Stored data entries:
►
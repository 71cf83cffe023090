//! Points, and what is read of them. The faults are those of an independent program.

use crate::equals::equal;
use point_text::{PointFault, PointKind, PointStop, read_point};
use script_grammar::{Script, parse};
use std::alloc::Global;

const SCRIPT: &str = "{ x in ? /\\ y in ? }";

// A text, the kind of its fault, and the byte at which it stands.
type Row = (&'static str, PointKind, u32);

const ROWS: &[Row] = &[
    ("", PointKind::Missing, 0),
    ("x = 1; y = 2", PointKind::Unexpected, 12),
    ("x = 1; z = 2; !", PointKind::Unknown, 7),
    ("x = 1; x = 2;", PointKind::Twice, 7),
    ("x = 1 / 0.00; y = = 1;", PointKind::ZeroDivisor, 8),
    ("x = 1 / 0e99;", PointKind::LiteralLimit, 8),
];

// The fault of a text that is no point of the script.
fn fault_in(alloc: Global, script: &Script<'_>, point: &str) -> Option<PointFault> {
    match read_point(alloc, script, point.as_bytes()) {
        Err(PointStop::Fault(fault)) => Some(fault),
        _ => None,
    }
}

fn fault_of(alloc: Global, point: &str) -> Option<PointFault> {
    match parse(alloc, SCRIPT.as_bytes()) {
        Ok(script) => fault_in(alloc, &script, point),
        Err(_) => None,
    }
}

// How many rows a point of the script has.
fn rows_in(alloc: Global, script: &Script<'_>, point: &str) -> usize {
    match read_point(alloc, script, point.as_bytes()) {
        Ok(point) => point.rows.as_slice().len(),
        Err(_) => 0,
    }
}

fn rows_of(alloc: Global, point: &str) -> usize {
    match parse(alloc, SCRIPT.as_bytes()) {
        Ok(script) => rows_in(alloc, &script, point),
        Err(_) => 0,
    }
}

#[test]
fn faults_have_their_places(rt: HostRuntime) {
    for (point, kind, at) in ROWS {
        let wanted = PointFault {
            kind: *kind,
            at: *at,
        };
        equal(
            &rt,
            point.as_bytes(),
            fault_of(rt.alloc(), point),
            Some(wanted),
        );
    }
}

#[test]
fn entries_stand_in_any_order(rt: HostRuntime) {
    let point = "y = -1 / 3; x = +0x1p2; # both";
    equal(&rt, point.as_bytes(), rows_of(rt.alloc(), point), 2);
}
◄
— Task details —
For each line in the data that holds "Some", add one to a count, then report that count alone.

— Expected answer —
2